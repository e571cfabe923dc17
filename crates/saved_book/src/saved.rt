// A book over saved bytes.
ghost use Rattle.std.specs.Prelude.{◌≡◌, length};
ghost use Rattle.orders.specs.Told.{grid_of};
ghost use Rattle.book.specs.Calls.{ReadAt};
ghost use Rattle.saved_book.specs.Calls.{orders_in};

use crate::layout::Layout;
use orders::order::Order;
use orders::settings::Settings;

// The orders stay in the bytes; each is read where it stands.
#[derive(Drop)]
pub struct SavedBook<'a> {
    pub(crate) settings: Settings,
    pub(crate) layout: Layout<'a>,
    ghost counted: { layout.count ≡ length (orders_in (grid_of settings) layout.bytes.now) },
}

impl SavedBook<'_> {
    // The order of record `place`, if there are so many.
    pub(crate) fn order(&self, place: usize) -> Option<Order>
        ensures { ReadAt (orders_in (grid_of self.now.settings) self.now.layout.bytes.now) place result }
    {
        if place >= self.layout.count {
            return None;
        }
        self.layout.order(self.settings, place).ok()
    }
}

○ ○ ○ ○ ○ ○ ○

(Work to complete) Where the line with "use crate::layout::Layout;" ends, your copy should end too; please return exactly the lines from the first line of the data through it.

(Result)
repository e571cfabe923dc17
filename crates/saved_book/src/saved.rt
// A book over saved bytes.
ghost use Rattle.std.specs.Prelude.{◌≡◌, length};
ghost use Rattle.orders.specs.Told.{grid_of};
ghost use Rattle.book.specs.Calls.{ReadAt};
ghost use Rattle.saved_book.specs.Calls.{orders_in};

use crate::layout::Layout;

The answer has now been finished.